CLIN-X-EN: a pre-trained language model for the English clinical domain

Details on the model, the pre-training corpus and the downstream task performance are given in the paper: "CLIN-X: pre-trained language models and a study on cross-task transfer for concept extraction in the clinical domain" by Lukas Lange, Heike Adel, Jannik Strötgen and Dietrich Klakow. The paper can be found here.
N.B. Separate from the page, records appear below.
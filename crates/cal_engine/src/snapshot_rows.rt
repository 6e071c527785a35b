ghost use Rattle.std.specs.Prelude.{◌≡◌, List, map, IfOk};
ghost use Rattle.std.specs.List.{All};
ghost use Rattle.cal_context.specs.Tree.{Grows};
ghost use Rattle.cal_ql.specs.declared.query.Agg.{Agg as AnAgg};
ghost use Rattle.cal_rowset.specs.NumberedRows.{IsWithin, in_order, meant};
ghost use Rattle.cal_value.specs.declared.record.Rec.{Rec as ARecord};
ghost use Rattle.cal_keys.specs.Groups.{groups_of};
ghost use Rattle.cal_engine.specs.Making.{MakesRows};
ghost use Rattle.cal_engine.specs.Numbered.{AreGroups};
ghost use Rattle.cal_engine.specs.Rows.{row_of, rows_of};
ghost use Rattle.cal_engine.specs.Sorting.{sorted_rows};
ghost use Rattle.cal_engine.specs.Tallies.{HoldsIn};

use crate::fold::is_aggregated;
use crate::grouped_rows::GroupedRows;
use crate::numbered::NumberedGroups;
use crate::snapshot_order::sorted_places;
use cal_context::{Context, Snapshot};
use cal_keys::are_in;
use cal_ql::Query;
use cal_rowset::SnapshotList;
use cal_value::OutOfMemory;
use std::alloc::Global;

/// Rows by number, and their places in the order of an answer.
#[derive(Drop)]
pub(crate) struct OrderedRows {
    pub(crate) rows: SnapshotList,
    pub(crate) order: Vec<usize>,
}

/// The rows of an answer in their order, as snapshots of the context in which the keys of groups
/// lie, or the kept records. The attributes of results are added to it. Rows that aren't about the
/// context are answered as want of memory is.
pub(crate) fn ordered_rows(
    alloc: Global,
    query: &Query,
    context: &mut Context,
    groups: NumberedGroups,
    kept: SnapshotList,
) -> Result<OrderedRows, OutOfMemory>
    ensures within { IfOk result (λ made. All (IsWithin context.new) made.rows) }
    ensures rows { IfOk result (λ made. (ks : List ARecord)
        → HoldsIn context.old query.now ks groups kept
        → map (meant context.new) (in_order made.rows made.order.items)
        ≡ sorted_rows query.now.order (rows_of query.now ks)) }
    ensures grows { Grows context.old context.new }
{
    let rows = made_rows(alloc, query, context, groups, kept)?;
    if !are_in(context, &rows) {
        return Err(OutOfMemory);
    }
    let order = sorted_places(alloc, &query.order, context, &rows)?;
    Ok(OrderedRows { rows, order })
}

/// The rows of an answer before they are ordered.
fn made_rows(
    alloc: Global,
    query: &Query,
    context: &mut Context,
    groups: NumberedGroups,
    kept: SnapshotList,
) -> Result<SnapshotList, OutOfMemory>
    ensures rows { IfOk result (λ rows. (ks : List ARecord)
        → HoldsIn context.old query.now ks groups kept
        → map (meant context.new) rows ≡ rows_of query.now ks) }
    ensures grows { Grows context.old context.new }
{
    if is_aggregated(query) {
        return rows_of_groups(alloc, query, context, groups);
    }
    context.has_each_once();
    Ok(kept)
}

/// The rows of the groups of an aggregated query.
fn rows_of_groups(
    alloc: Global,
    query: &Query,
    context: &mut Context,
    groups: NumberedGroups,
) -> Result<SnapshotList, OutOfMemory>
    ensures rows { IfOk result (λ rows. (ks : List ARecord)
        → AreGroups context.old query.now ks groups → map (meant context.new) rows
        ≡ map (row_of query.now ks) (groups_of query.now.group ks)) }
    ensures grows { Grows context.old context.new }
{
    let made = GroupedRows::new(alloc, query, groups, context)?;
    all_rows(alloc, &made, context)
}

/// All rows of groups.
fn all_rows(
    alloc: Global,
    made: &GroupedRows,
    context: &Context,
) -> Result<SnapshotList, OutOfMemory>
    ensures { IfOk result (λ all. (aggs : List AnAgg) (rows : List ARecord)
        → MakesRows context.now aggs made.now rows → map (meant context.now) all ≡ rows) }
{
    let mut all = SnapshotList::with_room(alloc, made.count(), made.width())?;
    let mut row = Snapshot::new(alloc);
    for number in 0..made.count() {
        made.fill(context, number, &mut row)?;
        all.push(alloc, &row)?;
    }
    Ok(all)
}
In case of questions, please contact the authors as listed on the paper.

Please cite the above paper when reporting, reproducing or extending the results.

@misc{lange-etal-2021-clin-x,
      author    = {Lukas Lange and
                   Heike Adel and
                   Jannik Str{\"{o}}tgen and
                   Dietrich Klakow},
      title     = {CLIN-X: pre-trained language models and a study on cross-task transfer for concept extraction in the clinical domain},
      year={2021},
      eprint={2112.08754},
      archivePrefix={arXiv},
      primaryClass={cs.CL},
      url={https://arxiv.org/abs/2112.08754}
}

Training details

The model is based on the multilingual XLM-R transformer (xlm-roberta-large), which was trained on 100 languages and showed superior performance in many different tasks across languages and can even outperform monolingual models in certain settings (Conneau et al. 2020). We train the CLIN-X model on clinical Pubmed abstracts (850MB) filtered following Haynes et al. (2005). Pubmed is used with the courtesy of the U.S. National Library of Medicine

We initialize CLIN-X using the pre-trained XLM-R weights and train masked language modeling (MLM) on the Spanish clinical corpus for 3 epochs which roughly corresponds to 32k steps. This allows researchers and practitioners to address the English clinical domain with an out-of-the-box tailored model.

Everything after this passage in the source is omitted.